One type of wrinkled pea currently under scientific scrutiny contains a high amount of so-called ‘resistant’ starch.
This less-branched form of starch is digested more slowly and does not lead to the high blood sugar spike associated with the starches found almost universally in snacks and fast foods.
Recent nutritional studies reveal that food products made using seeds from wrinkled peas have a dramatic effect in generating lower blood sugar spikes following ingestion by healthy volunteers. The study compared the effects of wrinkled pea seed food products with those derived from wild-type (round-seeded) pea seeds which has much less ‘resistant’ starch (the control foods). The two types of pea are near-isogenic – that is the plants and seeds from which the foods were derived are genetically near-identical, apart from the effects of the gene controlling seed appearance.
The exciting findings are part of a collaborative research programme involving the Imperial College London, the John Innes Centre and Quadram Institute.
Initial results of the multi-disciplinary study show that by eating products developed from the wrinkled pea seeds, there is a dramatic reduction in the blood glucose spike over the two hours following meal intake, compared with the control food. The full results of the study are due to be published this spring, but there is growing excitement from the evidence gathered so far. If the same results extend to people at risk of developing Type-2 diabetes, the researchers hope that the findings could play a significant part in tackling a prevalent public health issue.
Professor Claire Domoney of the John Innes Centre says, “This could be an exciting break by providing strong evidence of an intervention on an important human disease, which could save the NHS billions per year. The difference in the blood glucose spike after people have been fed the different foods is clear. The difference is quite dramatic and it is rare to get such a clear result from dietary intervention studies.”
Eating starch that is rapidly digested, for example in cakes and sweets, is bad for us because digestion of these products leads to a rapid and high glucose spike in our blood. The negative impact of this is that the pancreas struggles to make the insulin to cope with these spikes. In people who are prone to Type-2 diabetes this pancreatic stress is greater.
The World Health Organisation states that the global prevalence of Type-2 diabetes has risen from 4.7% in 1980 to 8.5% in 2014. A total of 422 million people suffer from this modern disease which accounts for 90% of all cases of diabetes according to the charity Diabetes UK. The charity calculates that the cost of treating diabetes could reach £17 billion by 2035.
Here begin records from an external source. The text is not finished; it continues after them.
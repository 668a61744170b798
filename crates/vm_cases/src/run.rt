// One run of a case's file, and what it left.
use crate::code::CaseFile;
use crate::seen::Seen;
use eval::machine::{Notices, Outcome, State};
use eval::slot::{FLOAT, HASH, MISSING, OTHER, Slots};
use vm::account::{Account, Depths};
use vm::{Lengths, Refusal, Terms};

// The number `this` of every case: 2.5.
const THIS: u32 = 0x4020_0000;

// A state that a host makes up, which is as a run that has not begun. Not by `State::start`: tried, and from what that
// promises of the stores the depths that the operations ask for were not proved.
pub const FRESH: State = State {
    pos: 0,
    charges: 0,
    acc: 0,
    outcome: Outcome::Running,
    stack: 0,
    loops: 0,
    handlers: 0,
    notices: Notices {
        missing_member: 0,
        access_underflow: 0,
        loop_limit: 0,
    },
    empty_pops: 0,
};

// The longest stores that a case lends.
pub const LONGEST: Lengths = Lengths {
    stack: 65600,
    loops: 64,
    handlers: 64,
};

// The terms of a call, and the lengths of the lent stores.
#[derive(Clone, Copy)]
pub struct Set {
    pub terms: Terms,
    pub lengths: Lengths,
}

impl Set {
    // No limits.
    pub fn room(lengths: Lengths) -> Set {
        Set {
            terms: unlimited(THIS),
            lengths,
        }
    }

    // Stores of 64 entries each.
    pub fn plain() -> Set {
        Set::room(Lengths {
            stack: 64,
            ..LONGEST
        })
    }

    pub fn step_limit(self, n: u64) -> Set {
        self.limits(Some(n), None)
    }

    pub fn loop_limit(mut self, n: u32) -> Set {
        self.terms.loop_limit = Some(n);
        self
    }

    // A step limit, and the house's beside it.
    pub fn limits(mut self, guest: Option<u64>, house: Option<u64>) -> Set {
        self.terms.step_limit = guest;
        self.terms.house_limit = house;
        self
    }
}

// Terms without limits.
pub fn unlimited(this: u32) -> Terms {
    Terms {
        this,
        step_limit: None,
        loop_limit: None,
        house_limit: None,
    }
}

// The cells of a call: kinds and values apart, as C lends them.
#[derive(Clone, Copy, PartialEq, Eq)]
pub struct Cells {
    pub kinds: [u8; 4],
    pub values: [u64; 4],
}

impl Cells {
    // At entry: missing, the float 2, a hash whose low half is the float 3, and other.
    pub const ENTRY: Cells = Cells {
        kinds: [MISSING, FLOAT, HASH, OTHER],
        values: [7, 0x4000_0000, 0x1122_3344_4040_0000, 9],
    };

    // The same but for the float, which is 5.
    const CONTEXT: Cells = Cells {
        kinds: [MISSING, FLOAT, HASH, OTHER],
        values: [7, 0x40A0_0000, 0x1122_3344_4040_0000, 9],
    };

    pub fn slots(&self) -> Slots<'_> {
        Slots {
            kinds: &self.kinds,
            values: &self.values,
        }
    }

    // Whether they are as at entry but for what cell 1 holds.
    fn are_others_kept(self) -> bool {
        let mut others = self;
        others.values[1] = Cells::ENTRY.values[1];
        others == Cells::ENTRY
    }
}

// The working stores as a run left them.
#[derive(Clone, Copy)]
struct Stores<'a> {
    stack: &'a [u32],
    loops: &'a [u32],
    handlers: &'a [u64],
}

// Runs the file with `soil` in every entry of the working stores.
pub fn run(file: &CaseFile, set: Set, soil: u32) -> Result<Seen, Refusal> {
    run_on(file, set, soil, &mut Cells::ENTRY)
}

// The same on cells of the caller's.
pub fn run_on(file: &CaseFile, set: Set, soil: u32, cells: &mut Cells) -> Result<Seen, Refusal> {
    let mut stack = [soil; LONGEST.stack];
    let mut loops = [soil; LONGEST.loops];
    let mut handlers = [u64::from(soil); LONGEST.handlers];
    let stack = first(&mut stack, set.lengths.stack);
    let loops = first(&mut loops, set.lengths.loops);
    let handlers = first(&mut handlers, set.lengths.handlers);
    let account = vm::call(
        file.as_slice(),
        &mut cells.kinds,
        &mut cells.values,
        Cells::CONTEXT.slots(),
        set.terms,
        stack,
        loops,
        handlers,
    )?;
    let stores = Stores {
        stack,
        loops,
        handlers,
    };
    Ok(stores.seen(account, set.terms, *cells))
}

// The first entries of a store: so many, or all.
fn first<T>(store: &mut [T], count: usize) -> &mut [T] {
    let count = count.min(store.len());
    &mut store[..count]
}

impl Stores<'_> {
    // The account, and what the stores hold.
    fn seen(&self, account: Account, terms: Terms, cells: Cells) -> Seen {
        let end = account.end;
        let depths = end.depths;
        let left = account.remainders;
        Seen {
            end,
            low: self.stack.first().copied().unwrap_or(0),
            top: top(self.stack, depths.stack),
            count: top(self.loops, depths.loops),
            mark: top(self.handlers, depths.handlers),
            cell: cells.values[1],
            clean: self.are_clean_above(depths) && cells.are_others_kept(),
            paid: makes(left.guest, end.charges, terms.step_limit)
                && makes(left.house, end.charges, terms.house_limit),
        }
    }

    // Whether they hold zeros from the depths on.
    fn are_clean_above(&self, depths: Depths) -> bool {
        let mut stack = self.stack.iter().skip(depths.stack as usize);
        let mut loops = self.loops.iter().skip(depths.loops as usize);
        let mut handlers = self.handlers.iter().skip(depths.handlers as usize);
        stack.all(|&x| x == 0) && loops.all(|&x| x == 0) && handlers.all(|&x| x == 0)
    }
}

// The top of a store; at depth 0 the first entry, which holds zero then.
fn top<T: Copy + Default>(store: &[T], depth: u64) -> T {
    let top = store.get(depth.saturating_sub(1) as usize);
    top.copied().unwrap_or_default()
}

// Whether what remains of a limit, and the charges, make the limit.
fn makes(left: u64, charges: u64, limit: Option<u64>) -> bool {
    left.checked_add(charges) == Some(limit.unwrap_or(u64::MAX))
}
People who have Type-2 diabetes have higher levels of blood sugar because their bodies do not produce or use insulin normally. The problem can be alleviated by healthier diets, being more active and losing weight.
The tantalising prospect that emerges from the results of the collaboration is that a major public health issue could be addressed by persuading food production companies to make more use of the wrinkled pea as an ingredient in foods, including snacks that are consumed every day by millions of people.
Partners in the project took the contrasting pea seeds and developed a range of products, including hummus, biscuits and soups, which were used in intervention trials in a scientifically meaningful way.
Currently, the wrinkled-seeded type of pea, though used in immature form as a vegetable having a low concentration of total starch, is not used as a mature dry seed across the food industry. Targeting the healthy snack markets may be one way of ensuring that the benefits of the mature seed are felt more widely across the population.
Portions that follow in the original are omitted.